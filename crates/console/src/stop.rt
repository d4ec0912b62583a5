//! What is shown where the program stands.

use crate::asking::Answer;
use crate::console::Console;
use crate::moving::{HART, is_breakpoint};
use crate::page::Part;
use crate::piece::{Form, Tone};
use diagnostics::line_at;
use protocol::{Command, ScopesArguments, StackTraceArguments, VariablesArguments};
use replies::{Reason, ResponseBody, Scope, Stopped};
use std::alloc::AllocError;

/// Where the program stands, and by which numbers it is asked about there.
#[derive(Clone, Copy, Drop)]
pub(crate) struct Here {
    /// The number of the line, or 0.
    pub(crate) line: u32,
    /// The number of the registers.
    pub(crate) registers: i32,
}

/// How many registers have a value beside pc.
const GENERAL: u32 = 32;

impl Console {
    /// Asks where the program stands, and for its registers. Whether that was answered is told.
    pub(crate) fn look(&mut self) -> Result<bool, AllocError> {
        self.here = self.seen()?;
        Ok(self.here.is_some())
    }

    fn seen(&mut self) -> Result<Option<Here>, AllocError> {
        let Some((frame, line)) = self.first_frame()? else {
            return Ok(None);
        };
        let Some(registers) = self.registers_of(frame)? else {
            return Ok(None);
        };
        if !self.read_registers(registers)? {
            return Ok(None);
        }
        Ok(Some(Here { line, registers }))
    }

    // The number and the line of the innermost frame.
    fn first_frame(&mut self) -> Result<Option<(i32, u32)>, AllocError> {
        let asked = Command::StackTrace(StackTraceArguments {
            thread_id: HART,
            start_frame: 0,
            levels: Some(1),
        });
        let Answer::Done(ResponseBody::StackTrace(trace)) = self.ask(asked)? else {
            return Ok(None);
        };
        match trace.stack_frames.as_slice() {
            [frame, ..] => match i32::try_from(frame.id) {
                Ok(id) => Ok(Some((id, frame.line))),
                Err(_) => Ok(None),
            },
            [] => Ok(None),
        }
    }

    // The number of a frame's registers.
    fn registers_of(&mut self, frame_id: i32) -> Result<Option<i32>, AllocError> {
        let asked = Command::Scopes(ScopesArguments { frame_id });
        let Answer::Done(ResponseBody::Scopes(body)) = self.ask(asked)? else {
            return Ok(None);
        };
        match body.scopes.as_slice() {
            [
                Scope::Registers {
                    variables_reference,
                },
                ..
            ] => { Ok(i32::try_from(*variables_reference).ok()) }
            _ => Ok(None),
        }
    }

    /// Asks for the registers of this number. Whether that was answered is told.
    pub(crate) fn read_registers(&mut self, variables_reference: i32) -> Result<bool, AllocError> {
        let asked = Command::Variables(VariablesArguments {
            variables_reference,
            filter: None,
            start: 0,
            count: None,
        });
        match self.ask(asked)? {
            Answer::Done(_) => Ok(true),
            _ => Ok(false),
        }
    }

    /// Shows a stop: why, where, the registers that changed since the last one, the line with its neighbours, and what is displayed.
    pub(crate) fn show_stop(&mut self, stop: &Stopped) -> Result<(), AllocError> {
        self.look()?;
        self.say_why(stop)?;
        self.delete_met(stop)?;
        self.show_place()
    }

    /// Shows where the program stands.
    pub(crate) fn show_here(&mut self) -> Result<(), AllocError> {
        self.look()?;
        self.show_place()
    }

    /// The same, where that was asked already.
    pub(crate) fn show_place(&mut self) -> Result<(), AllocError> {
        if self.here.is_none() {
            return self.show_state();
        }
        self.page.put(Part::Frame(0))?;
        self.say("\n")?;
        self.show_changed()?;
        self.show_line()?;
        self.show_displays()
    }

    /// Shows that the program has ended.
    pub(crate) fn show_end(&mut self) -> Result<(), AllocError> {
        self.here = None;
        self.show_state()
    }

    // Shows whether the program runs.
    fn show_state(&mut self) -> Result<(), AllocError> {
        self.say("the program ")?;
        self.page.put(Part::Run)?;
        self.say("\n")
    }

    // Says why the program stopped, if that was not what it was sent for.
    fn say_why(&mut self, stop: &Stopped) -> Result<(), AllocError> {
        match &stop.text {
            Some(text) => {
                self.page.say(Tone::Refusal, text.as_str())?;
                if stop.reason == Reason::Exception {
                    self.say_fault(text.as_str())?;
                }
                self.say("\n")
            }
            None if is_breakpoint(stop.reason) => self.say_breakpoints(stop),
            None => match stop.reason {
                Reason::Pause => self.say("paused\n"),
                _ => Ok(()),
            },
        }
    }

    // Says which breakpoints stopped the program.
    fn say_breakpoints(&mut self, stop: &Stopped) -> Result<(), AllocError> {
        let alloc = self.alloc;
        let mut is_first = true;
        for id in stop.hit_breakpoint_ids.as_slice() {
            let number = self.number_of(*id);
            let words = if is_first {
                format!(in alloc; "breakpoint {number}")?
            } else {
                format!(in alloc; ", {number}")?
            };
            self.say(words.as_str())?;
            is_first = false;
        }
        if is_first {
            self.say("ebreak")?;
        }
        self.say("\n")
    }

    // Shows the registers that have another value than at the last stop.
    fn show_changed(&mut self) -> Result<(), AllocError> {
        for number in 0..GENERAL {
            let value = self.link.mirror().register(number);
            let has_changed = value != self.before[number as usize];
            self.has_changed[number as usize] = has_changed;
            if has_changed {
                self.show_register(number)?;
                self.before[number as usize] = value;
            }
        }
        Ok(())
    }

    /// Shows a register in a line of its own, with the label that lies at its value.
    pub(crate) fn show_register(&mut self, number: u32) -> Result<(), AllocError> {
        self.say("    ")?;
        self.page.put(Part::Register(Form::Line, number))?;
        if let Some(value) = self.link.mirror().register(number) {
            self.say_label(value)?;
        }
        self.say("\n")
    }

    // Shows the line where the program stands with its neighbours, or the instruction where there is none.
    fn show_line(&mut self) -> Result<(), AllocError> {
        match self.here {
            Some(here) if here.line > 0 => {
                self.show_lines(here.line.saturating_sub(1), here.line.saturating_add(1))
            }
            _ => self.show_instructions_here(1),
        }
    }

    /// Shows the lines from one to another that the text has, with a mark at that where the program stands and at those with breakpoints.
    pub(crate) fn show_lines(&mut self, first: u32, last: u32) -> Result<(), AllocError> {
        for line in first..=last {
            self.show_text(line)?;
        }
        Ok(())
    }

    fn show_text(&mut self, line: u32) -> Result<(), AllocError> {
        let Some(words) = self.line_text(line)? else {
            return Ok(());
        };
        let tone = match self.here {
            Some(here) if here.line == line => Tone::Here,
            _ => Tone::Plain,
        };
        self.page.say(tone, words.as_str())
    }

    // A line of the text with its number and its marks.
    fn line_text(&mut self, line: u32) -> Result<Option<String>, AllocError> {
        let alloc = self.alloc;
        let mark = if self.has_breakpoint(line) { '*' } else { ' ' };
        let arrow = match self.here {
            Some(here) if here.line == line => '>',
            _ => ' ',
        };
        match line_at(self.text.as_slice(), line) {
            Some(text) => Ok(Some(format!(in alloc; "{arrow}{mark}{line:>4}  {text}\n")?)),
            None => Ok(None),
        }
    }
}
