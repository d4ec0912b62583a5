//! The body that answers `writeMemory`: how many bytes were written.

use crate::members::BYTES_WRITTEN;
use crate::part::Part;
use crate::{find, member};
use json::Writer;
use protocol::Unread;
use serde_json::Value;
use std::alloc::{AllocError, Global};

/// How much was written to memory (`WriteMemoryResponse`).
#[derive(Drop)]
pub struct WriteMemory {
    /// How many bytes were written.
    pub bytes_written: u32,
}

impl Part for WriteMemory {
    ghost use Rattle.message_parts.specs.WriteMemory.{write_memory};

    ghost form = { write_memory };

    fn write(&self, out: &mut Writer) -> Result<(), AllocError> {
        out.begin_object()?;
        member::number(out, BYTES_WRITTEN, self.bytes_written)?;
        out.end_object()
    }

    fn read(_alloc: Global, value: &Value) -> Result<WriteMemory, Unread> {
        Ok(WriteMemory {
            bytes_written: find::number(value, BYTES_WRITTEN)?,
        })
    }
}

--

EXERCISE | With the first line of the material as the start and the line containing "use diagnostics::line_at;" as the end, repeat that span exactly and add nothing.

TASK ANSWER |
filename crates/console/src/stop.rt
repository d4ec0912b62583a5
//! What is shown where the program stands.

use crate::asking::Answer;
use crate::console::Console;
use crate::moving::{HART, is_breakpoint};
use crate::page::Part;
use crate::piece::{Form, Tone};
use diagnostics::line_at;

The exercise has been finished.